Une possible "tradition éphémère"

Les scientifiques observent donc que les orques suivent des "traditions" qu'ils se transmettent entre eux car c'est une espèce "largement déterminée par l'apprentissage social".

Outre leur "tradition comportementale persistante", les orques, curieux, "peuvent également développer des comportements inhabituels et temporaires et d'autres idiosyncrasies (comportement particulier propre à individu, NDLR) qui ne semblent pas avoir d'objectif adaptatif évident", écrivent les scientifiques dans le rapport de leurs travaux publiés en avril dernier et supervisés par Alex Zerbini, le président du comité scientifique de la CBI.

Les interactions entre les orques ibériques et les bateaux dans le détroit de Gibraltar , - qui ont été signalées pour la première fois après le confinement lié à la pandémie de Covid-19 - pourraient donc également relever de ces "traditions éphémères".

Un temps de chasse moins important

Une autre explication est avancée par les experts dans leur rapport: ces cétacés passent moins de temps à chasser qu'auparavant et ont donc plus de temps pour "jouer".

En effet, les 37 orques comptabilisées au large de la péninsule ibérique -une quinzaine serait impliqué dans les interactions avec les bateaux- se nourrissent exclusivement de thon rouge. Une espèce devenue abondante dans cette zone de la Méditerranée. Probablement en raison du changement climatique, ce poisson y est présent de manière conséquente toute l'année et non plus de manière saisonnière.

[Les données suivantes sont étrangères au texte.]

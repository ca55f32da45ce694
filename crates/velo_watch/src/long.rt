//! Reading a log of any length, event by event.
ghost use Rattle.std.specs.Prelude.{◌≡◌, ◌≤◌, ◌<◌, List, ℕ, [], Option, None, IfOk, IfErr, IfSome, Ok, Err};
ghost use Rattle.velo_events.specs.declared.event.Event.{Event as EventOf};
ghost use Rattle.velo_logtext.specs.Finding.{ReadsAs, failures_after};
ghost use Rattle.velo_logtext.specs.Reader.{HasWholeLine, IsMetInHeader};
ghost use Rattle.velo_watch.specs.declared.long.TheConstants.{MAX_WATCHED};
ghost use Rattle.velo_watch.specs.Reading.{HasRead, Gives, IsMetEndless, fault_after, given_after};

use std::alloc::Global;
use std::marker::Model;
use velo_bytes::Source;
use velo_events::{Bounds, Event};
use velo_logtext::{LogFault, LogReader};

/// The most events of a log without end: a million a second for 146,000 years.
pub const MAX_WATCHED: usize = 4_611_686_018_427_387_904;

/// A log of any length that is read line by line. Each line is judged as a [`LogReader`] judges it.
#[derive(Drop)]
pub struct LongReader {
    reader: LogReader,
    given: usize,
}

impl Model for LongReader {
    ghost use Rattle.std.specs.Prelude.{◌≤◌};
    ghost use Rattle.velo_logtext.specs.Reader.{ReaderState};
    ghost use Rattle.velo_watch.specs.declared.long.TheConstants.{MAX_WATCHED};

    ghost Value = { ReaderState };

    ghost view = { λ r. record r.reader { given = r.given } };

    ghost invariant = { λ r. r.given ≤ MAX_WATCHED };
}

/// The fault at its line in the whole log, where so many events were given before the reader counted anew.
fn fault_after(given: usize, fault: LogFault) -> LogFault
    requires { given ≤ MAX_WATCHED }
    ensures { result ≡ fault_after given fault }
{
    match fault {
        LogFault::BadLine(_) => {
            if given == MAX_WATCHED {
                LogFault::TooLong
            } else {
                LogFault::BadLine(given + 2)
            }
        }
        LogFault::Truncated(_) => {
            if given == MAX_WATCHED {
                LogFault::TooLong
            } else {
                LogFault::Truncated(given + 2)
            }
        }
        other => other,
    }
}

impl LongReader {
    /// Reads the header.
    ///
    /// # Errors
    /// Those of [`LogReader::open`].
    pub fn open<S: Source>(alloc: Global, source: &mut S) -> Result<LongReader, LogFault>
        ensures ok { IfOk result (λ reader. HasRead (S.remaining source.old) [] reader (S.remaining source.new)) }
        ensures fault { IfErr result (λ fault.
            IfSome (S.remaining source.old) (λ bytes. ReadsAs MAX_WATCHED bytes (Err fault))) }
        ensures failures { S.failures source.new ≡ failures_after result (S.failures source.old) }
        ensures place { IfErr result IsMetInHeader }
    {
        match LogReader::open(alloc, source) {
            Ok(reader) => Ok(LongReader { reader, given: 0 }),
            Err(fault) => Err(fault),
        }
    }

    /// The bounds that the header says.
    pub fn bounds(&self) -> Bounds
        ensures { result ≡ self.now.bounds }
    {
        self.reader.bounds()
    }

    /// How many events were given.
    pub fn given(&self) -> usize
        ensures given { result ≡ self.now.given }
        ensures few { result ≤ MAX_WATCHED }
    {
        self.given
    }

    /// The next event, or none at the end of the log. Nothing is read from the source while a whole line is at hand.
    ///
    /// # Errors
    /// `BadLine`, `Truncated` or `TooLong` for the first line that is wrong, which is the next one; `Read` only where the
    /// source failed in this call.
    pub fn next<S: Source>(&mut self, source: &mut S) -> Result<Option<Event>, LogFault>
        ensures gives { (bytes : Option (List ℕ)) (events : List EventOf) →
            HasRead bytes events self.old (S.remaining source.old) →
            Gives bytes events result self.new (S.remaining source.new) }
        ensures bounds { self.new.bounds ≡ self.old.bounds }
        ensures count { self.new.given ≡ given_after result self.old.given }
        ensures few { self.new.given ≤ MAX_WATCHED }
        ensures unread { HasWholeLine self.old.held → source.new ≡ source.old }
        ensures failures { S.failures source.new ≡ failures_after result (S.failures source.old) }
        ensures place { IfErr result (IsMetEndless self.old.given) }
    {
        self.reader.count_anew();
        match self.reader.next(source) {
            Ok(Some(event)) => {
                if self.given == MAX_WATCHED {
                    return Err(LogFault::TooLong);
                }
                self.given += 1;
                Ok(Some(event))
            }
            Ok(None) => Ok(None),
            Err(fault) => Err(fault_after(self.given, fault)),
        }
    }
}
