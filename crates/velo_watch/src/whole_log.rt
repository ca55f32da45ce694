//! The whole of a log so far: whether its next event can happen, whatever is left out.
ghost use Rattle.std.specs.Prelude.{◌≡◌, ◌<◌, [], ◌∷◌, ◌++◌, length, IfOk, IfErr, OnOk};
ghost use Rattle.velo_watch.specs.Whole.{IsWholeOf};
ghost use Rattle.velo_heap.specs.Contents.{bounds_of};
ghost use Rattle.velo_watch.specs.Faults.{IsFaultOfWhole};

use crate::summary::Whole;
use std::alloc::Global;
use velo_events::{Config, Event, Memory, Refusal};
use velo_traces::{Flaw, Trace};
use velo_world::LogReplayFault;

/// All events of a log so far, and what they leave. No graph is made of them.
#[derive(Drop)]
pub struct WholeLog {
    pub trace: Trace,
    pub state: Whole,
}

impl WholeLog {
    /// No event has happened yet.
    ///
    /// # Errors
    /// `Memory` where a growth was refused.
    pub fn new(alloc: Global, config: &Config) -> Result<WholeLog, Memory>
        ensures bounds { IfOk result (λ whole. bounds_of whole.state.heap ≡ config.now.bounds) }
        ensures none { IfOk result (λ whole. whole.trace.events ≡ []) }
        ensures stands { IfOk result (λ whole. IsWholeOf whole.trace.events whole.state) }
    {
        let state = Whole::new(alloc, config)?;
        Ok(WholeLog {
            trace: Trace::new(alloc),
            state,
        })
    }

    /// Lets the event happen after the others, of which there may be so many.
    ///
    /// # Errors
    /// `Refused` or `WrongValue` where it can't: a refusal comes before a wrong value, and this before the
    /// limit. `Memory` where a growth was refused.
    pub fn take_in(&mut self, limit: u32, event: &Event) -> Result<(), LogReplayFault>
        requires { IsWholeOf self.old.trace.events self.old.state }
        ensures stands { OnOk result (IsWholeOf self.new.trace.events self.new.state) }
        ensures bounds { bounds_of self.new.state.heap ≡ bounds_of self.old.state.heap }
        ensures log { OnOk result (self.new.trace.events ≡ self.old.trace.events ++ event.now ∷ []) }
        ensures short { OnOk result (length self.old.trace.events < limit) }
        ensures fault { IfErr result (IsFaultOfWhole limit (bounds_of self.old.state.heap) self.old.trace.events event.now) }
    {
        let position = self.trace.len();
        match self.state.flaw(event) {
            Some(Flaw::Refused(refusal)) => {
                return Err(LogReplayFault::Refused { position, refusal });
            }
            Some(Flaw::WrongValue) => return Err(LogReplayFault::WrongValue { position }),
            None => {}
        }
        if position >= limit as usize {
            return Err(LogReplayFault::Refused {
                position,
                refusal: Refusal::LogFull,
            });
        }
        match self.trace.push(*event) {
            Ok(()) => {
                self.state.take_in(event);
                Ok(())
            }
            Err(Memory) => Err(LogReplayFault::Memory),
        }
    }
}
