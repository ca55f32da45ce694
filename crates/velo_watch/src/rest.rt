//! What is left of a log so far, and what follows from it.
ghost use Rattle.std.specs.Prelude.{◌≡◌, ◌≤◌, ◌<◌, ◌+◌, [], ◌∷◌, ◌++◌, length, take, slice_index, false, IfOk, IfErr, OnOk};
ghost use Rattle.velo_events.specs.WellFormed.{IsWellFormed};
ghost use Rattle.velo_filter.specs.Left.{Omitted};
ghost use Rattle.velo_filter.specs.Tables.{left_of};
ghost use Rattle.velo_watch.specs.Alarm.{TellsOrFails};
ghost use Rattle.velo_watch.specs.UnderWay.{write_failures};
ghost use Rattle.velo_watch.specs.Faults.{IsFaultOfLast, IsMovedFault, fault_at};
ghost use Rattle.velo_watch.specs.RestUnderWay.{IsRestOf};

use crate::alarm::alarm_as_read;
use crate::fault::WatchFault;
use std::alloc::Global;
use velo_bytes::{Sink, WriteFault};
use velo_events::growth::reserve;
use velo_events::{Config, Event, Memory};
use velo_filter::{LeftOut, no_marks, stays_at};
use velo_report::alarm_line;
use velo_world::{Closed, LogReplayFault, RecordedWorld};

/// What is left of a log so far.
#[derive(Drop)]
pub struct Rest {
    /// Its events, and what follows from them.
    pub world: RecordedWorld,
    /// The position of each in the whole log.
    pub places: Vec<u32>,
    /// For each thread, which of its open blocks are left out.
    pub rows: Vec<u64>,
}

/// What is left of a log after its end.
#[derive(Drop)]
pub struct ClosedRest {
    /// The world of its events.
    pub closed: Closed,
    /// The position of each in the whole log.
    pub places: Vec<u32>,
}

/// The same fault at this position.
fn fault_at(position: usize, fault: LogReplayFault) -> LogReplayFault
    ensures { result ≡ fault_at position fault }
{
    match fault {
        LogReplayFault::Refused { refusal, .. } => LogReplayFault::Refused { position, refusal },
        LogReplayFault::WrongValue { .. } => LogReplayFault::WrongValue { position },
        LogReplayFault::Memory => LogReplayFault::Memory,
    }
}

impl Rest {
    /// What is left of no events.
    ///
    /// # Errors
    /// `Memory` where a growth was refused.
    pub fn new(alloc: Global, config: Config) -> Result<Rest, Memory>
        requires { config.stop ≡ false }
        ensures config { IfOk result (λ rest. rest.world.config ≡ config) }
        ensures none { IfOk result (λ rest. (omitted : Omitted) → IsRestOf omitted [] rest) }
    {
        let rows = no_marks(alloc)?;
        let world = RecordedWorld::new(alloc, config)?;
        Ok(Rest {
            world,
            places: Vec::new(alloc),
            rows,
        })
    }

    /// Lets the last event of the whole log, at this position, happen after what is left of those before
    /// it, unless it is left out.
    ///
    /// # Errors
    /// `Refused` where it finds no node in the graph of the rest; `Memory` where a growth was refused.
    pub fn follow(
        &mut self,
        left: &LeftOut,
        events: &[Event],
        position: usize,
    ) -> Result<(), LogReplayFault>
        requires last { length events.now ≡ position + 1 }
        requires few { length events.now ≤ self.old.world.config.events }
        requires well_formed { IsWellFormed self.old.world.config.bounds events.now }
        requires stands { IsRestOf (left_of left.now) (take position events.now) self.old }
        ensures stands { OnOk result (IsRestOf (left_of left.now) events.now self.new) }
        ensures config { self.new.world.config ≡ self.old.world.config }
        ensures fault { IfErr result (IsFaultOfLast (left_of left.now) self.old.world.config events.now position) }
    {
        if !stays_at(&mut self.rows, left, events, position) {
            return Ok(());
        }
        self.push(&events[position], position)
    }

    /// Lets an event happen that stands at this position of the whole log.
    ///
    /// # Errors
    /// Why it can't, at this position.
    fn push(&mut self, event: &Event, position: usize) -> Result<(), LogReplayFault>
        requires { position < 4294967296 }
        ensures log { OnOk result (self.new.world.log ≡ self.old.world.log ++ event.now ∷ []) }
        ensures config { self.new.world.config ≡ self.old.world.config }
        ensures places { OnOk result (self.new.places.items ≡ self.old.places.items ++ position ∷ []) }
        ensures rows { self.new.rows.items ≡ self.old.rows.items }
        ensures fault { IfErr result (IsMovedFault self.old.world.config self.old.world.log event.now position) }
    {
        if reserve(&mut self.places, 1).is_err() {
            return Err(LogReplayFault::Memory);
        }
        match self.world.replay(event) {
            Ok(()) => {
                self.places.push_reserved(position as u32);
                Ok(())
            }
            Err(fault) => Err(fault_at(position, fault)),
        }
    }

    /// Tells the alarm of what is left, at its positions in the whole log, if there is one.
    ///
    /// # Errors
    /// `Replay` with `Memory` where a growth was refused; `Write` where the sink failed.
    pub fn tell<O: Sink>(&self, alloc: Global, sink: &mut O) -> Result<(), WatchFault>
        requires { length self.now.places.items ≡ length self.now.world.log }
        ensures told { TellsOrFails self.now.world.log (slice_index self.now.places.items) (O.contents sink.old) (O.contents sink.new) result }
        ensures writes { O.failures sink.new ≡ write_failures result (O.failures sink.old) }
    {
        let Some(alarm) = self.world.alarm() else {
            return Ok(());
        };
        let Ok(moved) = alarm_as_read(alloc, alarm, &self.places) else {
            return Err(WatchFault::Replay(LogReplayFault::Memory));
        };
        match alarm_line(&moved, sink) {
            Ok(()) => Ok(()),
            Err(WriteFault) => Err(WatchFault::Write),
        }
    }

    /// What is left, to which no event comes any more.
    pub fn close(self) -> ClosedRest
        ensures closed { result.closed ≡ self.world }
        ensures places { result.places.items ≡ self.places.items }
    {
        let Rest { world, places, .. } = self;
        ClosedRest {
            closed: world.close(),
            places,
        }
    }
}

Résultat, si les orques mettaient environ 30 minutes à chasser le thon rouge, ils mettent désormais 2 à 3 minutes selon des observations plus récentes.

La Commission baleinière internationale admet que ces interactions sont "effrayantes" pour les marins et qu'elles causent d'importants dégâts matériels. Elle recommande donc de trouver des solutions pour éviter ces interactions et de conseiller les marins sur la manière d'agir face à une telle situation, "tout en assurant le bien-être des baleines". Une espèce en danger critique d'extinction selon l'Union internationale pour la conservation de la nature.